**Directions**
Below are records that must be duplicated exactly.
(Dataset records)
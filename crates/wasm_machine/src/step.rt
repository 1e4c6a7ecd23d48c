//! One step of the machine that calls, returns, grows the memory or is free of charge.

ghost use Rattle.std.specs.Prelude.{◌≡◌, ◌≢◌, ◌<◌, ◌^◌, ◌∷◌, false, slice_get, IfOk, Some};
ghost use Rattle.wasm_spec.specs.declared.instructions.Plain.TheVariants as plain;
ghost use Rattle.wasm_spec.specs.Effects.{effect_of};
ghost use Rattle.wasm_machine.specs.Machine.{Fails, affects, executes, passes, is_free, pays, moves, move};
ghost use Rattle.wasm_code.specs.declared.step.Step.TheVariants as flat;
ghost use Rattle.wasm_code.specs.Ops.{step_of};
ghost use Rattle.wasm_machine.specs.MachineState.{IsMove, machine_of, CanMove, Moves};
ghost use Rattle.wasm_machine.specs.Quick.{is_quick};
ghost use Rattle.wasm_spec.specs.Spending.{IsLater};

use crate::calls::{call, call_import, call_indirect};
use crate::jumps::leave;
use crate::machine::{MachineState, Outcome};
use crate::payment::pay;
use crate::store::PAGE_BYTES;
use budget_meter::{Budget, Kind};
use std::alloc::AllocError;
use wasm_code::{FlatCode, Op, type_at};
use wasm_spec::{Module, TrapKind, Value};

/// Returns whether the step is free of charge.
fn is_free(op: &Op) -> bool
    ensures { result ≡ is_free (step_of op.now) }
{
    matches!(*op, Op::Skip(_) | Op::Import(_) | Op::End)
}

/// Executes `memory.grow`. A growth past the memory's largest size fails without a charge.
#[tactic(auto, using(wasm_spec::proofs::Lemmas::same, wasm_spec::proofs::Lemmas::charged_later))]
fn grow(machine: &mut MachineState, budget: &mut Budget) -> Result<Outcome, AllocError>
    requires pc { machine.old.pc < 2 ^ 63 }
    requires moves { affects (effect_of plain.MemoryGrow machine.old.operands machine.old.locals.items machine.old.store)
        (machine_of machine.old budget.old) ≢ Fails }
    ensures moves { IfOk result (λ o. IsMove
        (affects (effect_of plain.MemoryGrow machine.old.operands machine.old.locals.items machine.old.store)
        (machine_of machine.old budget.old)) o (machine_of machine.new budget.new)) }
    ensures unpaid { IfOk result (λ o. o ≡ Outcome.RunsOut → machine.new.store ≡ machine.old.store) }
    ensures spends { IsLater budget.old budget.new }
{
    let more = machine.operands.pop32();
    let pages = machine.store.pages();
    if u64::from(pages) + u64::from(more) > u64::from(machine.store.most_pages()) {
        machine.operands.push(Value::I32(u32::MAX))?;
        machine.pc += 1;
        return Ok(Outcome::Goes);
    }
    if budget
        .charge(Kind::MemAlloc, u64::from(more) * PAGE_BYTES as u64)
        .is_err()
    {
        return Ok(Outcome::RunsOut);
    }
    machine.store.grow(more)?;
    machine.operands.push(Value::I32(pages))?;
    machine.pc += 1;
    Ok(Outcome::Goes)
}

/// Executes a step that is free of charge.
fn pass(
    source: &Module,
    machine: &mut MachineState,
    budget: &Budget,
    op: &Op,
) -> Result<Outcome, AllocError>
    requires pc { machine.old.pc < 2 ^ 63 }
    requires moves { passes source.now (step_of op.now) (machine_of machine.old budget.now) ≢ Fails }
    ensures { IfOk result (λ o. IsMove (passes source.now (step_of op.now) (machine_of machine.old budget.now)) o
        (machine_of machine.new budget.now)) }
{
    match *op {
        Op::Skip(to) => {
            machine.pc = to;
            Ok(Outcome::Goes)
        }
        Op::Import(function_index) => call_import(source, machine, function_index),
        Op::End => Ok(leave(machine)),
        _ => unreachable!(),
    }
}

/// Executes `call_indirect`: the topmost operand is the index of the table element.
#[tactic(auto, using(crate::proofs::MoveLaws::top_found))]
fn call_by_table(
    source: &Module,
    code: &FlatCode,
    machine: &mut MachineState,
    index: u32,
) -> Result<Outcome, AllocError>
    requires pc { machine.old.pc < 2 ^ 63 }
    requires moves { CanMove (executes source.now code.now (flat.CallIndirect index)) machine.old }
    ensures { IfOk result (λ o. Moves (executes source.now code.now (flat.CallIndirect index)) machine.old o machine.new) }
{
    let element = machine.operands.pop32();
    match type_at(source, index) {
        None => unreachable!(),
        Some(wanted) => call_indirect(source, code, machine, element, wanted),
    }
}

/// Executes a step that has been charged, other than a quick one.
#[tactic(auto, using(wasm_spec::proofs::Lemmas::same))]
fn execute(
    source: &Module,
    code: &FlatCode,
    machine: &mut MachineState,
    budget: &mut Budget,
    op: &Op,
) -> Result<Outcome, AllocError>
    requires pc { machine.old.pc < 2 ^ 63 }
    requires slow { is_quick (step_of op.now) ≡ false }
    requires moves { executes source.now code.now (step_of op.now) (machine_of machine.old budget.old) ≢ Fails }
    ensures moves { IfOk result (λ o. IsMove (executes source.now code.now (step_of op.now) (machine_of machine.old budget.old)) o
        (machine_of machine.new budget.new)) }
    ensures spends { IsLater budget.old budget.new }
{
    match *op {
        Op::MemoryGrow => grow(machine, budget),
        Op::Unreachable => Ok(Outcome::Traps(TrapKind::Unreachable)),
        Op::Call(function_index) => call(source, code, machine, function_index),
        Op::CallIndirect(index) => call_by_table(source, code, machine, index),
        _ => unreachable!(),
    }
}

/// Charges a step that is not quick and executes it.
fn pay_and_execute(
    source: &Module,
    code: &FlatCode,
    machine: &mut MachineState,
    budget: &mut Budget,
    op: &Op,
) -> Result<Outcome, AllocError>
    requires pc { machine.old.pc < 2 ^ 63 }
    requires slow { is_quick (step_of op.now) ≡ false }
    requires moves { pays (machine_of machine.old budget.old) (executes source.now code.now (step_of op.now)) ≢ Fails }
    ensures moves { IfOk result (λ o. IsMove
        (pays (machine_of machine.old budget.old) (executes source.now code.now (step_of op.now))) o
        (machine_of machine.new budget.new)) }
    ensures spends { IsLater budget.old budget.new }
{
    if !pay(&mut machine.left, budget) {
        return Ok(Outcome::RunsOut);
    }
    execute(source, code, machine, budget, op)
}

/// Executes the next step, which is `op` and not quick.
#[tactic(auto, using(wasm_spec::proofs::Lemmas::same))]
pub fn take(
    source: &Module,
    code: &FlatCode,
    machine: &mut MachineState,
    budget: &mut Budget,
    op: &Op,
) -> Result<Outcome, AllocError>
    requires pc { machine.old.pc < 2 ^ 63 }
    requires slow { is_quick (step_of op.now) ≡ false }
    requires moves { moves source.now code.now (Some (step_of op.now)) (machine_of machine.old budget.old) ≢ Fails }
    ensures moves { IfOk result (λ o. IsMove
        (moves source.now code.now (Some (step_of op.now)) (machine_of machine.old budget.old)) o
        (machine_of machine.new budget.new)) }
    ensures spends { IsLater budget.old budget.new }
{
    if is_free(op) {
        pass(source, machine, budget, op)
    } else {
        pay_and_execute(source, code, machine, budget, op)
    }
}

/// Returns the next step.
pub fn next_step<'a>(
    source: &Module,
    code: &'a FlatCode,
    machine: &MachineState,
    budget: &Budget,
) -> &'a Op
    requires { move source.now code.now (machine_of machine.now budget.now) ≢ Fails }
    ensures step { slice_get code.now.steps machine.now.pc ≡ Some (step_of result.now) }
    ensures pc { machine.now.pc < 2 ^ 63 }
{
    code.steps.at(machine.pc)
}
(End Dataset records)
**Solution for this exercise**
filename crates/wasm_machine/src/step.rt
repository 1e4c6a7ecd23d48c
//! One step of the machine that calls, returns, grows the memory or is free of charge.

ghost use Rattle.std.specs.Prelude.{◌≡◌, ◌≢◌, ◌<◌, ◌^◌, ◌∷◌, false, slice_get, IfOk, Some};
ghost use Rattle.wasm_spec.specs.declared.instructions.Plain.TheVariants as plain;
ghost use Rattle.wasm_spec.specs.Effects.{effect_of};
ghost use Rattle.wasm_machine.specs.Machine.{Fails, affects, executes, passes, is_free, pays, moves, move};
ghost use Rattle.wasm_code.specs.declared.step.Step.TheVariants as flat;
ghost use Rattle.wasm_code.specs.Ops.{step_of};
ghost use Rattle.wasm_machine.specs.MachineState.{IsMove, machine_of, CanMove, Moves};
ghost use Rattle.wasm_machine.specs.Quick.{is_quick};
ghost use Rattle.wasm_spec.specs.Spending.{IsLater};

use crate::calls::{call, call_import, call_indirect};
use crate::jumps::leave;
use crate::machine::{MachineState, Outcome};
use crate::payment::pay;
use crate::store::PAGE_BYTES;
use budget_meter::{Budget, Kind};
use std::alloc::AllocError;
use wasm_code::{FlatCode, Op, type_at};
use wasm_spec::{Module, TrapKind, Value};

/// Returns whether the step is free of charge.
fn is_free(op: &Op) -> bool
    ensures { result ≡ is_free (step_of op.now) }
{
    matches!(*op, Op::Skip(_) | Op::Import(_) | Op::End)
}

/// Executes `memory.grow`. A growth past the memory's largest size fails without a charge.
#[tactic(auto, using(wasm_spec::proofs::Lemmas::same, wasm_spec::proofs::Lemmas::charged_later))]
fn grow(machine: &mut MachineState, budget: &mut Budget) -> Result<Outcome, AllocError>
    requires pc { machine.old.pc < 2 ^ 63 }
    requires moves { affects (effect_of plain.MemoryGrow machine.old.operands machine.old.locals.items machine.old.store)
        (machine_of machine.old budget.old) ≢ Fails }
    ensures moves { IfOk result (λ o. IsMove
        (affects (effect_of plain.MemoryGrow machine.old.operands machine.old.locals.items machine.old.store)
        (machine_of machine.old budget.old)) o (machine_of machine.new budget.new)) }
    ensures unpaid { IfOk result (λ o. o ≡ Outcome.RunsOut → machine.new.store ≡ machine.old.store) }
    ensures spends { IsLater budget.old budget.new }
{
    let more = machine.operands.pop32();
    let pages = machine.store.pages();
    if u64::from(pages) + u64::from(more) > u64::from(machine.store.most_pages()) {
        machine.operands.push(Value::I32(u32::MAX))?;
        machine.pc += 1;
        return Ok(Outcome::Goes);
    }
    if budget
        .charge(Kind::MemAlloc, u64::from(more) * PAGE_BYTES as u64)
        .is_err()
    {
        return Ok(Outcome::RunsOut);
    }
    machine.store.grow(more)?;
    machine.operands.push(Value::I32(pages))?;
    machine.pc += 1;
    Ok(Outcome::Goes)
}

/// Executes a step that is free of charge.
fn pass(
    source: &Module,
    machine: &mut MachineState,
    budget: &Budget,
    op: &Op,
) -> Result<Outcome, AllocError>
    requires pc { machine.old.pc < 2 ^ 63 }
    requires moves { passes source.now (step_of op.now) (machine_of machine.old budget.now) ≢ Fails }
    ensures { IfOk result (λ o. IsMove (passes source.now (step_of op.now) (machine_of machine.old budget.now)) o
        (machine_of machine.new budget.now)) }
{
    match *op {
        Op::Skip(to) => {
            machine.pc = to;
            Ok(Outcome::Goes)
        }
        Op::Import(function_index) => call_import(source, machine, function_index),
        Op::End => Ok(leave(machine)),
        _ => unreachable!(),
    }
}

/// Executes `call_indirect`: the topmost operand is the index of the table element.
#[tactic(auto, using(crate::proofs::MoveLaws::top_found))]
fn call_by_table(
    source: &Module,
    code: &FlatCode,
    machine: &mut MachineState,
    index: u32,
) -> Result<Outcome, AllocError>
    requires pc { machine.old.pc < 2 ^ 63 }
    requires moves { CanMove (executes source.now code.now (flat.CallIndirect index)) machine.old }
    ensures { IfOk result (λ o. Moves (executes source.now code.now (flat.CallIndirect index)) machine.old o machine.new) }
{
    let element = machine.operands.pop32();
    match type_at(source, index) {
        None => unreachable!(),
        Some(wanted) => call_indirect(source, code, machine, element, wanted),
    }
}

/// Executes a step that has been charged, other than a quick one.
#[tactic(auto, using(wasm_spec::proofs::Lemmas::same))]
fn execute(
    source: &Module,
    code: &FlatCode,
    machine: &mut MachineState,
    budget: &mut Budget,
    op: &Op,
) -> Result<Outcome, AllocError>
    requires pc { machine.old.pc < 2 ^ 63 }
    requires slow { is_quick (step_of op.now) ≡ false }
    requires moves { executes source.now code.now (step_of op.now) (machine_of machine.old budget.old) ≢ Fails }
    ensures moves { IfOk result (λ o. IsMove (executes source.now code.now (step_of op.now) (machine_of machine.old budget.old)) o
        (machine_of machine.new budget.new)) }
    ensures spends { IsLater budget.old budget.new }
{
    match *op {
        Op::MemoryGrow => grow(machine, budget),
        Op::Unreachable => Ok(Outcome::Traps(TrapKind::Unreachable)),
        Op::Call(function_index) => call(source, code, machine, function_index),
        Op::CallIndirect(index) => call_by_table(source, code, machine, index),
        _ => unreachable!(),
    }
}

/// Charges a step that is not quick and executes it.
fn pay_and_execute(
    source: &Module,
    code: &FlatCode,
    machine: &mut MachineState,
    budget: &mut Budget,
    op: &Op,
) -> Result<Outcome, AllocError>
    requires pc { machine.old.pc < 2 ^ 63 }
    requires slow { is_quick (step_of op.now) ≡ false }
    requires moves { pays (machine_of machine.old budget.old) (executes source.now code.now (step_of op.now)) ≢ Fails }
    ensures moves { IfOk result (λ o. IsMove
        (pays (machine_of machine.old budget.old) (executes source.now code.now (step_of op.now))) o
        (machine_of machine.new budget.new)) }
    ensures spends { IsLater budget.old budget.new }
{
    if !pay(&mut machine.left, budget) {
        return Ok(Outcome::RunsOut);
    }
    execute(source, code, machine, budget, op)
}

/// Executes the next step, which is `op` and not quick.
#[tactic(auto, using(wasm_spec::proofs::Lemmas::same))]
pub fn take(
    source: &Module,
    code: &FlatCode,
    machine: &mut MachineState,
    budget: &mut Budget,
    op: &Op,
) -> Result<Outcome, AllocError>
    requires pc { machine.old.pc < 2 ^ 63 }
    requires slow { is_quick (step_of op.now) ≡ false }
    requires moves { moves source.now code.now (Some (step_of op.now)) (machine_of machine.old budget.old) ≢ Fails }
    ensures moves { IfOk result (λ o. IsMove
        (moves source.now code.now (Some (step_of op.now)) (machine_of machine.old budget.old)) o
        (machine_of machine.new budget.new)) }
    ensures spends { IsLater budget.old budget.new }
{
    if is_free(op) {
        pass(source, machine, budget, op)
    } else {
        pay_and_execute(source, code, machine, budget, op)
    }
}

/// Returns the next step.
pub fn next_step<'a>(
    source: &Module,
    code: &'a FlatCode,
    machine: &MachineState,
    budget: &Budget,
) -> &'a Op
    requires { move source.now code.now (machine_of machine.now budget.now) ≢ Fails }
    ensures step { slice_get code.now.steps machine.now.pc ≡ Some (step_of result.now) }
    ensures pc { machine.now.pc < 2 ^ 63 }
{
    code.steps.at(machine.pc)
}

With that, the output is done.